**INPUT FOR THIS TASK**
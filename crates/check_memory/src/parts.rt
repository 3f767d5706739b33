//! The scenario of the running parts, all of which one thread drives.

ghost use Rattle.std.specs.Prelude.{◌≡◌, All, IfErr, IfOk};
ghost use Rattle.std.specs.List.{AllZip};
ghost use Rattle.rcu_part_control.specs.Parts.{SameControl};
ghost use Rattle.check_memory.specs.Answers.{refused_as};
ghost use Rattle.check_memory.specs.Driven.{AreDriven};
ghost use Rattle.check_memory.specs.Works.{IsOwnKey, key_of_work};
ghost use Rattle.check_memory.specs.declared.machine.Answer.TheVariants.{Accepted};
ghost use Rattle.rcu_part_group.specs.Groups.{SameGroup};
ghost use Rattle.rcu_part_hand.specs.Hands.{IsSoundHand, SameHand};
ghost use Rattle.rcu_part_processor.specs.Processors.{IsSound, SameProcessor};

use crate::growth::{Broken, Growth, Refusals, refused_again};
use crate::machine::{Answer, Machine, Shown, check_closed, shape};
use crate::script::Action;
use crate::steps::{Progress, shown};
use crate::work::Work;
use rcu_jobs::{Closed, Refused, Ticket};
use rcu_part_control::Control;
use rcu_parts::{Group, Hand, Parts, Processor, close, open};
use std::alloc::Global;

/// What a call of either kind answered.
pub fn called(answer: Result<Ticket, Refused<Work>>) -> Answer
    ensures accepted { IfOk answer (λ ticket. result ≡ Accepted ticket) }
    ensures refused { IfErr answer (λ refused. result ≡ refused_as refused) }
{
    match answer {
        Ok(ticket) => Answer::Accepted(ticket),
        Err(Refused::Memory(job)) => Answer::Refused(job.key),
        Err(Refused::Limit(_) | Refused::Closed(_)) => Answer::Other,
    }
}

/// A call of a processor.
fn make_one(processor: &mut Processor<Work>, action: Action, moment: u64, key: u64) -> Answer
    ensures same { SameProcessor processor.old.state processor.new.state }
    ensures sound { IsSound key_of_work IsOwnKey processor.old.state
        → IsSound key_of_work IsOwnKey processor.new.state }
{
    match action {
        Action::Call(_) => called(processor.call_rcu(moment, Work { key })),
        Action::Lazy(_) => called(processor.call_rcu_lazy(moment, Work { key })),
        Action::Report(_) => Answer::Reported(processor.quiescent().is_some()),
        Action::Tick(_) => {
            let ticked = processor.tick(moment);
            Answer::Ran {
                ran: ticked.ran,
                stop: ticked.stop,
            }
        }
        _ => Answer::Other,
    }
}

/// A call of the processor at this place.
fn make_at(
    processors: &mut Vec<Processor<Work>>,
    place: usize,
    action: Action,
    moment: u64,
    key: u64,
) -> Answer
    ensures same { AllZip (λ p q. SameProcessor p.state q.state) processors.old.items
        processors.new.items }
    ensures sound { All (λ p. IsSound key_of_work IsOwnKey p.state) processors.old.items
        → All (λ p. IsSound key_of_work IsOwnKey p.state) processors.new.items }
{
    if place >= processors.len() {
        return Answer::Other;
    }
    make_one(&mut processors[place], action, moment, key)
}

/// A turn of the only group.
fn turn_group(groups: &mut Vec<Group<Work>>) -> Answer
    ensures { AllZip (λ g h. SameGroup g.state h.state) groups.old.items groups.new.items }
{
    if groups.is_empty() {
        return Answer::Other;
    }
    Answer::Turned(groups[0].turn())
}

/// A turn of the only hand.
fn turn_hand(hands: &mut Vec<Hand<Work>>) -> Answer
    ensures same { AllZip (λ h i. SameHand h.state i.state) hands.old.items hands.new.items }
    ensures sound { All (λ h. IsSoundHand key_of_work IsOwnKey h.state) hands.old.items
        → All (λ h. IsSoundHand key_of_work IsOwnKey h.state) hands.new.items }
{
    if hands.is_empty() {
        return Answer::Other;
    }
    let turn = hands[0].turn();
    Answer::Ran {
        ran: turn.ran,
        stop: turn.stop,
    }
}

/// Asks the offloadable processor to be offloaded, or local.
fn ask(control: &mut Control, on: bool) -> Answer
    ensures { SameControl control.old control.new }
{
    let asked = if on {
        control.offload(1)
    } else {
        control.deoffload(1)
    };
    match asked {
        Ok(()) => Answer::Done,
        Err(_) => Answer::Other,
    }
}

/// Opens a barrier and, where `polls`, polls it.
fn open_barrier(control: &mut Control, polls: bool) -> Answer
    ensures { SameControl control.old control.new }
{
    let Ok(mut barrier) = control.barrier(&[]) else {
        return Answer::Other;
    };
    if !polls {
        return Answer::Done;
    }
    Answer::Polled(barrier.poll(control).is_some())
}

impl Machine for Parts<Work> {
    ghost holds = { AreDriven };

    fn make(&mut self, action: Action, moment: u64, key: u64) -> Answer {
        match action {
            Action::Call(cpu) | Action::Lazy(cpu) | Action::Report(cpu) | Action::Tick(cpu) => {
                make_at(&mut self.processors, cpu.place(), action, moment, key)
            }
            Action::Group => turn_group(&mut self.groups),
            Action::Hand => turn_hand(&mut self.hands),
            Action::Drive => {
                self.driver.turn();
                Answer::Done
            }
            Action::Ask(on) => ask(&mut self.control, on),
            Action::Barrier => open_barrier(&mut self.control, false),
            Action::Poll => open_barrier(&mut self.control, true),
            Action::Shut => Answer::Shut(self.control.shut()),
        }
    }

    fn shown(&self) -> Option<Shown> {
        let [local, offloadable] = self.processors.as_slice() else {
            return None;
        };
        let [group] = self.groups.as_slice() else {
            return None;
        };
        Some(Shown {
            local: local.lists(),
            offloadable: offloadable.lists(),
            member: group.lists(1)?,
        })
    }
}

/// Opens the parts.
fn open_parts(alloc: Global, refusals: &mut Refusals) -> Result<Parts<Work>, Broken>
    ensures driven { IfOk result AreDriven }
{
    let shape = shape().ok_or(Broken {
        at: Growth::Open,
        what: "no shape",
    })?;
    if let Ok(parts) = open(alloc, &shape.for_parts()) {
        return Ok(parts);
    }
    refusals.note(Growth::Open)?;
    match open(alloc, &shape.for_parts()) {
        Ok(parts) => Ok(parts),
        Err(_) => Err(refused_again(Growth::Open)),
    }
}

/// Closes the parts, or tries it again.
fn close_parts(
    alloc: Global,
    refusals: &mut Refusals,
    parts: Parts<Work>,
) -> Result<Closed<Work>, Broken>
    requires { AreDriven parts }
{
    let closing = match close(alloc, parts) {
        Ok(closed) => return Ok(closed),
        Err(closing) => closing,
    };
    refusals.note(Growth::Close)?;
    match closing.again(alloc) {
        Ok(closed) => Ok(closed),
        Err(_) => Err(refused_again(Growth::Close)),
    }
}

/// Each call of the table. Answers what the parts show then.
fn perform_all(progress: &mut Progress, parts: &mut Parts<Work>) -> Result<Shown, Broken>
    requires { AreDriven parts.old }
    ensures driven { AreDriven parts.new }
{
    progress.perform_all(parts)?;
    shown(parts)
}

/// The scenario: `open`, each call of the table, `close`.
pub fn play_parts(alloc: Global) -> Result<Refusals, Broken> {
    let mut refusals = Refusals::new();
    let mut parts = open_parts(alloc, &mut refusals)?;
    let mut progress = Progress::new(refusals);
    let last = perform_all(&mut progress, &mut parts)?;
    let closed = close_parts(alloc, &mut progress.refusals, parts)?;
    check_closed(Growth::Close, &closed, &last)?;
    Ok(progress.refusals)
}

**EXERCISE PROMPT**
Transcribe, word for word, every line from the one containing "let mut progress" through the final line of the entries, and nothing else.

**OUTPUT BELOW**
    let mut progress = Progress::new(refusals);
    let last = perform_all(&mut progress, &mut parts)?;
    let closed = close_parts(alloc, &mut progress.refusals, parts)?;
    check_closed(Growth::Close, &closed, &last)?;
    Ok(progress.refusals)
}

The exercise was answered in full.